After a brief conversation, he hung up.

‘You’re leaving?’ Elizabeth guessed.

‘Sorry. But I shall return to tell you all about my adventures and the mysterious crate.’

‘But first?’

‘But first, someone’s in trouble. And as usual, it’s up to me to get them out of it.’

The journey back from Bletchley was a nervous one. Both Guy and Sarah were desperate to talk about what had happened, what – if anything – they had discovered. But before they got the chance, a man let himself into their compartment and settled on the seat beside Guy. He nodded a greeting, then unfolded a copy of
The Times
.

They sat in silence for most of the journey, exchanging only the blandest comments to pass the time. Several times Guy thought he saw the man with the paper staring at him or Sarah. He was probably being over-anxious, he thought. And of course, Sarah was well worth staring at.

He was relieved when the train finally pulled into Euston. The man with the paper waited politely for the two of them to leave before following. When they stepped down from the train to the platform, the man continued to follow closely behind as they made their way towards the main concourse.

‘Is he following us?’ Sarah hissed as they pulled ahead of the man.

‘It’s probably nothing,’ Guy replied quietly.

‘I thought he was staring at me,’ Sarah said.

‘Me too.’

Her mouth twitched into a half smile. ‘That’s all right. I don’t mind
you
staring.’

‘That’s not what I meant.’ He realised she was joking as soon as he’d said it. ‘Sorry.’

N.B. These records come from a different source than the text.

//! The bytes of a text that HTML has entities for.

ghost use Rattle.std.specs.Prelude.{◌≡◌, ◌<◌, [], ◌∷◌, MatchOption, IsTrue, false};
ghost use Rattle.typst_highlight.specs.Html as spec;

/// How many bytes are looked at one by one.
pub const FEW: usize = 16;

/// 1 for each byte that has an entity, and 0 for any other.
const MARKS: [u8; 256] = [
    0, 0, 0, 0, 0, 0, 0, 0, 0, 0, 0, 0, 0, 0, 0, 0, 0, 0, 0, 0, 0, 0, 0, 0, 0, 0, 0, 0, 0, 0, 0, 0,
    0, 0, 1, 0, 0, 0, 1, 1, 0, 0, 0, 0, 0, 0, 0, 0, 0, 0, 0, 0, 0, 0, 0, 0, 0, 0, 0, 0, 1, 0, 1, 0,
    0, 0, 0, 0, 0, 0, 0, 0, 0, 0, 0, 0, 0, 0, 0, 0, 0, 0, 0, 0, 0, 0, 0, 0, 0, 0, 0, 0, 0, 0, 0, 0,
    0, 0, 0, 0, 0, 0, 0, 0, 0, 0, 0, 0, 0, 0, 0, 0, 0, 0, 0, 0, 0, 0, 0, 0, 0, 0, 0, 0, 0, 0, 0, 0,
    0, 0, 0, 0, 0, 0, 0, 0, 0, 0, 0, 0, 0, 0, 0, 0, 0, 0, 0, 0, 0, 0, 0, 0, 0, 0, 0, 0, 0, 0, 0, 0,
    0, 0, 0, 0, 0, 0, 0, 0, 0, 0, 0, 0, 0, 0, 0, 0, 0, 0, 0, 0, 0, 0, 0, 0, 0, 0, 0, 0, 0, 0, 0, 0,
    0, 0, 0, 0, 0, 0, 0, 0, 0, 0, 0, 0, 0, 0, 0, 0, 0, 0, 0, 0, 0, 0, 0, 0, 0, 0, 0, 0, 0, 0, 0, 0,
    0, 0, 0, 0, 0, 0, 0, 0, 0, 0, 0, 0, 0, 0, 0, 0, 0, 0, 0, 0, 0, 0, 0, 0, 0, 0, 0, 0, 0, 0, 0, 0,
];

/// Whether no byte has an entity.
#[inline(always)]
pub fn is_plain(bytes: &[u8]) -> bool
    ensures { IsTrue result → spec.escaped bytes.now ≡ bytes.now }
{
    if bytes.len() <= FEW {
        are_itself(bytes)
    } else {
        are_unmarked(bytes)
    }
}

/// Whether none of few bytes has an entity.
#[inline(always)]
fn are_itself(bytes: &[u8]) -> bool
    ensures { IsTrue result → spec.escaped bytes.now ≡ bytes.now }
{
    for at in 0..bytes.len() {
        if has_entity(bytes[at]) {
            return false;
        }
    }
    true
}

/// Whether none of many bytes has an entity; it looks at all of them.
#[inline(never)]
fn are_unmarked(bytes: &[u8]) -> bool
    ensures { IsTrue result → spec.escaped bytes.now ≡ bytes.now }
{
    let mut marks = 0;
    for at in 0..bytes.len() {
        marks = marks | mark(bytes[at]);
    }
    marks == 0
}

/// Whether the byte is a character without an entity.
#[inline(always)]
pub fn is_itself(byte: u8) -> bool
    ensures small { IsTrue result → byte < 128 }
    ensures same { IsTrue result → spec.escaped_byte byte ≡ byte ∷ [] }
{
    byte < 128 && !has_entity(byte)
}

/// Whether the byte is one of `& < > ' "`.
#[inline(always)]
pub fn has_entity(byte: u8) -> bool
    ensures { result ≡ false → spec.escaped_byte byte ≡ byte ∷ [] }
{
    MARKS[byte as usize] == 1
}

/// Not 0 for the bytes `& < > ' "`.
#[inline(always)]
fn mark(byte: u8) -> u8
    ensures { result ≡ 0 → spec.escaped_byte byte ≡ byte ∷ [] }
{
    u8::from((byte == b'&') | (byte == b'<') | (byte == b'>') | (byte == b'\'') | (byte == b'"'))
}

/// The entity of a byte, which `& < > ' "` have.
pub fn entity(byte: u8) -> Option<&'static str>
    ensures { MatchOption result (spec.escaped_byte byte ≡ byte ∷ []) (λ entity. (entity.now ≡ spec.escaped_byte byte) × byte < 128) }
{
    match byte {
        b'&' => Some("&amp;"),
        b'<' => Some("&lt;"),
        b'>' => Some("&gt;"),
        b'\'' => Some("&#39;"),
        b'"' => Some("&quot;"),
        _ => None,
    }
}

Sarah glanced back. Guy resisted the urge to look back too, but he could see the man reflected in the glass of a window as they crossed the main concourse.

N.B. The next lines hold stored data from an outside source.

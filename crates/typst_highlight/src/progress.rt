//! How far a walk through a tree has come.

ghost use Rattle.std.specs.Prelude.{◌≡◌, [], ◌∷◌, IfOk, MatchOption, None, OnOk, Some, true, if◌then◌else◌, length, reverse};
ghost use Rattle.typst_tree.specs.Tree.{forest, none};
ghost use Rattle.typst_tree.specs.Walks.{is_childless};
ghost use Rattle.typst_highlight.specs.Rules.{is_name};
ghost use Rattle.typst_highlight.specs.Walk as walk;

use crate::context::{Ahead, Context, Outer, Trail, is_followed, leaf_among};
use crate::rules::{is_field_access, is_skipped};
use crate::tags::Tag;
use crate::walk::tag_here;
use std::alloc::{AllocError, Global};
use typst_kinds::SyntaxKind;
use typst_tree::SyntaxNode;

/// What is around nodes that stand side by side.
#[derive(Clone, Copy)]
pub struct Level {
    /// Their parent's kind.
    parent: Option<SyntaxKind>,
    /// Where the parent is a field access, what is around the outermost one.
    outer: Option<Outer>,
}

/// The nodes that follow a node under its parent, to which a walk comes back from the node's children.
#[derive(Clone, Copy)]
pub struct Waiting<'t> {
    pub nodes: &'t [SyntaxNode],
    /// Where the first of them begins, in bytes.
    start: usize,
    level: Level,
    /// What is passed to the end of the span of the node before them.
    pub kept: Option<Tag>,
    /// The number of their parent, where the walk numbers nodes, and 0 elsewhere.
    pub parent: u32,
}

/// How far a walk has come, and what is around the node that it comes to next. What is after that
/// node's parent is looked for where the node asks for it.
#[derive(Drop)]
pub struct Progress<'t> {
    level: Level,
    /// Where the next node begins, in bytes.
    offset: usize,
    /// The leaves before it.
    trail: Trail,
    /// The nodes that the walk comes back to, the innermost last.
    waiting: Vec<Waiting<'t>>,
}

/// The first leaf of nodes that a walk comes back to, the innermost last.
fn first_ahead(waiting: &[Waiting]) -> Option<Ahead>
    ensures { result ≡ walk.ahead_of (reverse waiting.now) }
{
    for index in (0..waiting.len()).rev() {
        let row = waiting[index];
        if let Some(leaf) = leaf_among(row.nodes, row.level.parent, row.start) {
            return Some(leaf);
        }
    }
    None
}

impl<'t> Progress<'t> {
    /// Before the root of a tree.
    pub fn start(alloc: Global) -> Progress<'t>
        ensures joined { walk.joined result ≡ walk.root_context }
        ensures waiting { walk.waiting result ≡ [] }
    {
        Progress {
            level: Level {
                parent: None,
                outer: None,
            },
            offset: 0,
            trail: Trail {
                before: None,
                name: None,
                earlier: None,
            },
            waiting: Vec::new(alloc),
        }
    }

    /// Where the next node begins, in bytes.
    #[inline(always)]
    pub fn offset(&self) -> usize
        ensures { result ≡ (walk.joined self.now).offset }
    {
        self.offset
    }

    /// The first leaf after the next node's parent.
    fn ahead(&self) -> Option<Ahead>
        ensures { result ≡ (walk.joined self.now).ahead }
    {
        first_ahead(&self.waiting)
    }

    /// What is around the next node, with another first leaf after the parent.
    #[inline(always)]
    fn facing(&self, ahead: Option<Ahead>) -> Context
        ensures { result ≡ record (walk.joined self.now) { ahead = ahead } }
    {
        Context {
            parent: self.level.parent,
            outer: self.level.outer,
            offset: self.offset,
            trail: self.trail,
            ahead,
        }
    }

    /// The kind of the next node's parent.
    #[inline(always)]
    pub fn parent(&self) -> Option<SyntaxKind>
        ensures { result ≡ (walk.joined self.now).parent }
    {
        self.level.parent
    }

    /// The tag of the next node, which others follow. It stands apart, since only that of a hash is asked for so.
    #[inline(never)]
    pub fn tag(&self, node: &SyntaxNode, later: &[SyntaxNode]) -> Result<Option<Tag>, AllocError>
        ensures { IfOk result (λ tag. tag ≡ walk.tag (walk.joined self.now) node.now (forest later.now)) }
    {
        let alloc = *self.waiting.allocator();
        if is_followed(later) {
            return tag_here(alloc, node, later, &self.facing(None));
        }
        tag_here(alloc, node, later, &self.facing(self.ahead()))
    }

    /// The first leaf after the next node.
    #[inline(always)]
    fn next_leaf(&self, node: &SyntaxNode, later: &[SyntaxNode]) -> Option<Ahead>
        ensures { result ≡ walk.next_leaf (walk.joined self.now) node.now (forest later.now) }
    {
        let end = self.offset.saturating_add(node.len());
        match leaf_among(later, self.level.parent, end) {
            None => self.ahead(),
            found => found,
        }
    }

    /// The tag of the next node if it is a name.
    #[inline(always)]
    pub fn name(&self, node: &SyntaxNode, later: &[SyntaxNode]) -> Option<Tag>
        ensures { result ≡ walk.name (walk.joined self.now) node.now (forest later.now) }
    {
        let next = self.next_leaf(node, later);
        self.facing(next).name(node, &[])
    }

    /// Goes into the next node, whose own text is so long.
    #[inline(always)]
    pub fn enter(
        &mut self,
        node: &'t SyntaxNode,
        later: &'t [SyntaxNode],
        len: usize,
        kept: Option<Tag>,
    ) -> Result<(), AllocError>
        requires { len ≡ length node.now.head.text }
        ensures inside { OnOk result (walk.joined self.new ≡ walk.within (walk.joined self.old) node.now (forest later.now)) }
        ensures waiting { OnOk result (walk.waiting self.new ≡ record { nodes = later.entry; start = walk.end (walk.joined self.old) node.now; level = self.old.level; kept = kept; parent = 0 } ∷ walk.waiting self.old) }
    {
        self.waiting.push(Waiting {
            nodes: later,
            start: self.offset.saturating_add(node.len()),
            level: self.level,
            kept,
            parent: 0,
        })?;
        self.level = self.level_below(node.kind());
        self.offset = self.offset.saturating_add(len);
        Ok(())
    }

    /// Goes into the next node, which ends there, and whose own text is so long. The nodes to which the walk comes
    /// back from it have a parent of that number.
    #[inline(always)]
    pub fn enter_from(
        &mut self,
        node: &'t SyntaxNode,
        later: &'t [SyntaxNode],
        end: usize,
        len: usize,
        parent: u32,
    ) -> Result<(), AllocError>
        requires ends { end ≡ walk.end (walk.joined self.old) node.now }
        requires long { len ≡ length node.now.head.text }
        ensures inside { OnOk result (walk.joined self.new ≡ walk.within (walk.joined self.old) node.now (forest later.now)) }
        ensures waiting { OnOk result (walk.waiting self.new ≡ record { nodes = later.entry; start = end; level = self.old.level; kept = None; parent = parent } ∷ walk.waiting self.old) }
    {
        self.waiting.push(Waiting {
            nodes: later,
            start: end,
            level: self.level,
            kept: None,
            parent,
        })?;
        self.level = self.level_below(node.kind());
        self.offset = self.offset.saturating_add(len);
        Ok(())
    }

    /// Goes into the last node of a row, whose own text is so long. There is nothing to come back to after it.
    #[inline(always)]
    pub fn enter_last(&mut self, node: &SyntaxNode, len: usize)
        requires { len ≡ length node.now.head.text }
        ensures inside { walk.joined self.new ≡ walk.within (walk.joined self.old) node.now none }
        ensures waiting { walk.waiting self.new ≡ walk.waiting self.old }
    {
        self.level = self.level_below(node.kind());
        self.offset = self.offset.saturating_add(len);
    }

    /// What is around the children of the next node, by its kind.
    #[inline(always)]
    fn level_below(&self, kind: SyntaxKind) -> Level
        ensures { result ≡ record { parent = Some kind; outer = walk.outer_within (walk.joined self.now) kind } }
    {
        Level {
            parent: Some(kind),
            outer: if is_field_access(kind) {
                self.outer_below(kind)
            } else {
                None
            },
        }
    }

    /// What is around the outermost of the field accesses above the children of a node of the kind.
    #[inline(never)]
    fn outer_below(&self, kind: SyntaxKind) -> Option<Outer>
        ensures { result ≡ walk.outer_within (walk.joined self.now) kind }
    {
        self.facing(None).outer_within(kind)
    }

    /// Goes back to the nodes that follow the parent, unless the parent is the root.
    #[inline(always)]
    pub fn leave(&mut self) -> Option<Waiting<'t>>
        ensures { MatchOption result (walk.waiting self.old ≡ []) (λ row. (walk.waiting self.old ≡ row ∷ walk.waiting self.new) × (walk.joined self.new ≡ walk.resumed row (walk.waiting self.new) self.old.trail)) }
    {
        let row = self.waiting.pop()?;
        self.level = row.level;
        self.offset = row.start;
        Some(row)
    }

    /// Goes past a node without children, whose text is so long, and whose tag is known if it is a name.
    #[inline(always)]
    pub fn pass(&mut self, node: &SyntaxNode, later: &[SyntaxNode], len: usize, name: Option<Tag>)
        requires childless { is_childless node.now.kids ≡ true }
        requires named { name ≡ (if is_name node.now.head.kind then walk.name (walk.joined self.old) node.now (forest later.now) else None) }
        requires long { len ≡ length node.now.head.text }
        ensures joined { walk.joined self.new ≡ walk.past (walk.joined self.old) node.now (walk.passed (walk.joined self.old) node.now (forest later.now)) }
        ensures waiting { walk.waiting self.new ≡ walk.waiting self.old }
    {
        let kind = node.kind();
        if !is_skipped(kind) {
            self.trail = Trail {
                before: Some(kind),
                name,
                earlier: self.trail.name,
            };
        }
        self.offset = self.offset.saturating_add(len);
    }

    /// Goes past a node without children, which ends there, and whose tag is known if it is a name.
    #[inline(always)]
    pub fn pass_to(
        &mut self,
        node: &SyntaxNode,
        later: &[SyntaxNode],
        end: usize,
        name: Option<Tag>,
    )
        requires childless { is_childless node.now.kids ≡ true }
        requires named { name ≡ (if is_name node.now.head.kind then walk.name (walk.joined self.old) node.now (forest later.now) else None) }
        requires ends { end ≡ walk.end (walk.joined self.old) node.now }
        ensures joined { walk.joined self.new ≡ walk.past (walk.joined self.old) node.now (walk.passed (walk.joined self.old) node.now (forest later.now)) }
        ensures waiting { walk.waiting self.new ≡ walk.waiting self.old }
    {
        let kind = node.kind();
        if !is_skipped(kind) {
            self.trail = Trail {
                before: Some(kind),
                name,
                earlier: self.trail.name,
            };
        }
        self.offset = end;
    }

    /// Goes on with a later node of the same row, which begins there, after a leaf of a kind that is neither a name
    /// nor a dot. No tag from there on depends on what is before that leaf.
    #[inline(always)]
    pub fn resume(&mut self, offset: usize, before: SyntaxKind)
        ensures joined { walk.joined self.new ≡ record (walk.joined self.old) { offset = offset; trail = record { before = Some before; name = None; earlier = None } } }
        ensures waiting { walk.waiting self.new ≡ walk.waiting self.old }
    {
        self.offset = offset;
        self.trail = Trail {
            before: Some(before),
            name: None,
            earlier: None,
        };
    }
}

‘Probably heading for the underground, like us,’ he said.

‘Or not,’ Sarah added as they approached the wide steps leading down.

Standing at the top, also holding a newspaper, was a man in a long nondescript raincoat. His hat shadowed his face, but Guy could see that his attention wasn’t on the paper so much as the people passing by. Did he imagine it, or was there a flash of recognition as he and Sarah approached?